• TASK DETAILS
I need every line that includes the word "generation" copied from the material.

==================================================

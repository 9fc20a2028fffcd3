//! The lists at the ends of lines.
ghost use Rattle.q_trace.specs.Answers.{AnswersText};
ghost use Rattle.q_trace.specs.PartTexts.{addresses_of, outcomes_of, positions_of};

use crate::error::EntryError;
use crate::parts::spaces;
use q_model::{Addresses, MOST_RECIPIENTS, Outcomes, Positions, SiteState};
use q_text::{read_addresses, read_outcomes, read_positions};
use std::alloc::Global;

/// 1 to 50,000 recipients, by their addresses.
pub(crate) fn addresses(alloc: Global, text: &[u8]) -> Result<Addresses, EntryError>
    ensures { AnswersText result (addresses_of text.now) }
{
    if spaces(text) >= MOST_RECIPIENTS as usize {
        return Err(EntryError::BadEntry);
    }
    read_addresses(alloc, text)?.ok_or(EntryError::BadEntry)
}

/// At least one position.
pub(crate) fn positions(alloc: Global, text: &[u8]) -> Result<Positions, EntryError>
    ensures { AnswersText result (positions_of text.now) }
{
    read_positions(alloc, text)?.ok_or(EntryError::BadEntry)
}

/// At least one outcome at a site in this state.
pub(crate) fn outcomes(alloc: Global, text: &[u8], state: SiteState) -> Result<Outcomes, EntryError>
    ensures { AnswersText result (outcomes_of state text.now) }
{
    read_outcomes(alloc, text, state)?.ok_or(EntryError::BadEntry)
}
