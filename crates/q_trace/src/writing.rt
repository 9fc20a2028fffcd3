//! The line of an entry.
ghost use Rattle.std.specs.Prelude.{◌≡◌, ◌∷◌, [], codes, decimal, IfOk};
ghost use Rattle.q_trace.specs.Wording.{arrive_words, reply_words, log_words, WritesEntry};
ghost use Rattle.q_model.specs.IdTexts.{id_text};
ghost use Rattle.q_model.specs.Text.{joined, line, mode_words, trigger_text};
ghost use Rattle.q_trace.specs.Bounds.{IsAloneInLine};
ghost use Rattle.q_transport.specs.Routing.{table_of};

use crate::line::TraceLine;
use q_model::{
    Address, Addresses, Bytes, Entry, Failure, Id, Mode, Moment, NoMemory, Outcomes, Positions,
    Site, SiteState, Trigger, Why,
};
use q_transport::Table;
use std::alloc::Global;

fn id_line(alloc: Global, word: &[u8], id: &Id) -> Result<TraceLine, NoMemory>
    ensures { IfOk result (λ l. l ≡ joined (word.now ∷ id_text id.now ∷ [])) }
{
    let mut line = TraceLine::new(alloc, word)?;
    line.id(id)?;
    Ok(line)
}

fn id_number_line(alloc: Global, word: &[u8], id: &Id, number: u64) -> Result<TraceLine, NoMemory>
    ensures { IfOk result (λ l. l ≡ joined (word.now ∷ id_text id.now ∷ decimal number ∷ [])) }
{
    let mut line = id_line(alloc, word, id)?;
    line.number(alloc, number)?;
    Ok(line)
}

fn life_line(alloc: Global, generation: u32, mode: Mode) -> Result<TraceLine, NoMemory>
    ensures { IfOk result (λ l. l ≡ joined (codes "life" ∷ decimal generation ∷ mode_words mode)) }
{
    let mut line = TraceLine::new(alloc, b"life")?;
    line.number(alloc, u64::from(generation))?;
    if mode == Mode::Intake {
        line.word(b"intake")?;
    }
    Ok(line)
}

fn at_line(alloc: Global, moment: Moment) -> Result<TraceLine, NoMemory>
    ensures { IfOk result (λ l. l ≡ joined (codes "at" ∷ decimal moment ∷ [])) }
{
    let mut line = TraceLine::new(alloc, b"at")?;
    line.number(alloc, moment)?;
    Ok(line)
}

fn arrive_line(
    alloc: Global,
    id: &Id,
    sender: &Option<Address>,
    to: &Addresses,
    content: &Bytes,
) -> Result<TraceLine, NoMemory>
    ensures { IfOk result (λ l. l ≡ joined (arrive_words id.now sender.now to.now content.now)) }
{
    let mut line = id_line(alloc, b"arrive", id)?;
    line.sender(sender)?;
    line.number(alloc, content.len() as u64)?;
    line.addresses(to)?;
    Ok(line)
}

fn load_line(alloc: Global, id: &Id, from: u32, to: u32) -> Result<TraceLine, NoMemory>
    ensures { IfOk result (λ l. l
        ≡ joined (codes "load" ∷ id_text id.now ∷ decimal from ∷ decimal to ∷ [])) }
{
    let mut line = id_number_line(alloc, b"load", id, u64::from(from))?;
    line.number(alloc, u64::from(to))?;
    Ok(line)
}

fn start_line(
    alloc: Global,
    number: u64,
    id: &Id,
    site: &Site,
    positions: &Positions,
    table: &Table,
) -> Result<TraceLine, NoMemory>
    ensures { IfOk result (WritesEntry (table_of table.now)
        (Entry.Start number id.now site.now positions.now)) }
{
    let mut line = TraceLine::new(alloc, b"start")?;
    line.number(alloc, number)?;
    line.id(id)?;
    line.site(table, site)?;
    line.positions(alloc, positions)?;
    Ok(line)
}

fn preempt_line(
    alloc: Global,
    child: &Id,
    parent: &Id,
    transport: u8,
    need: u32,
    table: &Table,
) -> Result<TraceLine, NoMemory>
    ensures { IfOk result (WritesEntry (table_of table.now)
        (Entry.Preempt child.now parent.now transport need)) }
{
    let mut line = id_line(alloc, b"preempt", child)?;
    line.id(parent)?;
    line.transport(table, transport)?;
    line.number(alloc, u64::from(need))?;
    Ok(line)
}

fn reply_line(
    alloc: Global,
    number: u64,
    site: SiteState,
    outcomes: &Outcomes,
) -> Result<TraceLine, NoMemory>
    ensures { IfOk result (λ l. l ≡ joined (reply_words number site outcomes.now)) }
{
    let mut line = TraceLine::new(alloc, b"reply")?;
    line.number(alloc, number)?;
    match site {
        SiteState::Up => line.word(b"up")?,
        SiteState::Down => line.word(b"down")?,
    }
    line.outcomes(alloc, outcomes)?;
    Ok(line)
}

fn skip_line(
    alloc: Global,
    id: &Id,
    site: &Site,
    positions: &Positions,
    table: &Table,
) -> Result<TraceLine, NoMemory>
    ensures { IfOk result (WritesEntry (table_of table.now) (Entry.Skip id.now site.now positions.now)) }
{
    let mut line = id_line(alloc, b"skip", id)?;
    line.site(table, site)?;
    line.positions(alloc, positions)?;
    Ok(line)
}

fn log_line(alloc: Global, id: &Id, failure: &Failure) -> Result<TraceLine, NoMemory>
    ensures { IfOk result (λ l. l
        ≡ joined (log_words id.now failure.now)) }
{
    let mut line = id_number_line(alloc, b"log", id, u64::from(failure.position))?;
    match failure.why {
        Why::Refused => line.word(b"refused")?,
        Why::Expired => line.word(b"expired")?,
    }
    line.number(alloc, u64::from(failure.code))?;
    Ok(line)
}

fn trigger_line(alloc: Global, kind: Trigger) -> Result<TraceLine, NoMemory>
    ensures { IfOk result (λ l. l ≡ joined (codes "trigger" ∷ trigger_text kind ∷ [])) }
{
    let mut line = TraceLine::new(alloc, b"trigger")?;
    match kind {
        Trigger::D => line.word(b"D")?,
        Trigger::A => line.word(b"A")?,
        Trigger::F => line.word(b"F")?,
    }
    Ok(line)
}

fn entry_line(alloc: Global, entry: &Entry, table: &Table) -> Result<TraceLine, NoMemory>
    ensures { IfOk result (WritesEntry (table_of table.now) entry.now) }
{
    match entry {
        Entry::Life { generation, mode } => life_line(alloc, *generation, *mode),
        Entry::At { moment } => at_line(alloc, *moment),
        Entry::Arrive {
            id,
            sender,
            to,
            content,
        } => arrive_line(alloc, id, sender, to, content),
        Entry::Back { id } => id_line(alloc, b"back", id),
        Entry::Admit { id } => id_line(alloc, b"admit", id),
        Entry::Load { id, from, to } => load_line(alloc, id, *from, *to),
        Entry::Start {
            number,
            id,
            site,
            positions,
        } => start_line(alloc, *number, id, site, positions, table),
        Entry::Preempt {
            child,
            parent,
            transport,
            need,
        } => { preempt_line(alloc, child, parent, *transport, *need, table) }
        Entry::Reply {
            number,
            site,
            outcomes,
        } => reply_line(alloc, *number, *site, outcomes),
        Entry::Skip {
            id,
            site,
            positions,
        } => skip_line(alloc, id, site, positions, table),
        Entry::Log { id, failure } => log_line(alloc, id, failure),
        Entry::Mark { id, position } => id_number_line(alloc, b"mark", id, u64::from(*position)),
        Entry::Sync { id } => id_line(alloc, b"sync", id),
        Entry::Defer { id, due } => id_number_line(alloc, b"defer", id, *due),
        Entry::Bounce { id } => id_line(alloc, b"bounce", id),
        Entry::Remove { id } => id_line(alloc, b"remove", id),
        Entry::Corrupt { id } => id_line(alloc, b"corrupt", id),
        Entry::Trigger { kind } => trigger_line(alloc, *kind),
        Entry::End => TraceLine::new(alloc, b"end"),
    }
}

/// The line of an entry, with its LF. A transport stands there by its name in the table.
///
/// No two entries within the bounds of a trace have one line, unless they are the same but for
/// the bytes of an arrived content and the original addresses of an arrived message.
#[tactic(auto, unfolding(q_model::specs::Text::line))]
pub fn entry_text(alloc: Global, entry: &Entry, table: &Table) -> Result<Bytes, NoMemory>
    ensures text { IfOk result (λ bytes. bytes ≡ line (table_of table.now) entry.now) }
    ensures only { IsAloneInLine (table_of table.now) entry.now }
{
    entry_line(alloc, entry, table)?.ended()
}
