//! What opens and closes connections, and waits for them. It is an error to wait for a link whose
//! last read or write didn't answer `NotYet`.
ghost use Rattle.std.specs.Prelude.{◌≡◌, ◌≢◌, ◌⊎◌, false, IfOk, OnOk, OnErr, IsErrOf};
ghost use Rattle.q_link.specs.Views.{NoWait};
ghost use Rattle.q_link.specs.Records.{HopsView, Closes, Connects, CountsFailure, IsFresh, IsRested, MovesWaits, Rests, StaysOpen, TellsConnect, TellsHop};
ghost use Rattle.q_link.specs.Routes.{has_route};
ghost use Rattle.q_link.specs.declared.hops.NoLink.TheVariants.{NoRoute, NoMemory as OutOfMemory};

use crate::Link;
use q_model::{Hop, NoMemory};
use std::alloc::Global;

/// Why no connection was opened.
#[derive(Clone, Copy, Debug, PartialEq, Eq)]
pub enum NoLink {
    /// The next hop is no `[a.b.c.d]:port`.
    NoRoute = 1,
    /// The connection failed.
    Failed = 2,
    /// Memory ran out.
    NoMemory = 3,
}

/// The next hops that connections are opened to. Counts of faults, rests and ends never fall, and
/// each stands at 2^64 - 1 where it would pass that; a number that is told and would pass that ends
/// the telling.
pub trait Hops {
    type Link: Link;

    /// The counts, and where it tells, each connect, rest and closed link so far.
    ghost view: { Self → HopsView };

    /// Opens a connection. `NoRoute` comes exactly where the next hop isn't `[a.b.c.d]:port` with
    /// four numbers up to 255 and a port from 1 to 65535, all without leading zeros.
    fn connect(&mut self, alloc: Global, hop: &Hop) -> Result<Self::Link, NoLink>
        ensures counts { Connects (view self.old) (view self.new) }
        ensures fresh { IfOk result (λ link.
            IsFresh hop.now (view self.new) (Self.Link.view link)) }
        ensures told { TellsHop hop.now result (view self.old) (view self.new) }
        ensures told_none { TellsConnect result (view self.old) (view self.new) }
        ensures no_route { IsErrOf result NoRoute → has_route hop.now ≡ false }
        ensures route { has_route hop.now ≡ false
            → IsErrOf result NoRoute ⊎ IsErrOf result OutOfMemory }
        ensures failed { CountsFailure result (view self.old) (view self.new) }
        ensures waits { MovesWaits Self.Link.view result (view self.old) (view self.new) };

    /// Waits a little for a link that waits, which doesn't wait any more then.
    fn rest(&mut self, link: &mut Self::Link)
        requires waits { (Self.Link.view link.old).wait ≢ NoWait }
        ensures rests { Rests (view self.old) (view self.new) }
        ensures link { IsRested (Self.Link.view link.old) (Self.Link.view link.new) };

    /// Takes a link back, and records it. After `NoMemory` nothing is recorded.
    fn close(&mut self, alloc: Global, link: Self::Link) -> Result<(), NoMemory>
        ensures ok { OnOk result (Closes (Self.Link.view link) (view self.old) (view self.new)) }
        ensures err { OnErr result (StaysOpen (view self.old) (view self.new)) };
}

==================================================

• YOUR RESPONSE
fn life_line(alloc: Global, generation: u32, mode: Mode) -> Result<TraceLine, NoMemory>
    ensures { IfOk result (λ l. l ≡ joined (codes "life" ∷ decimal generation ∷ mode_words mode)) }
    line.number(alloc, u64::from(generation))?;
        Entry::Life { generation, mode } => life_line(alloc, *generation, *mode),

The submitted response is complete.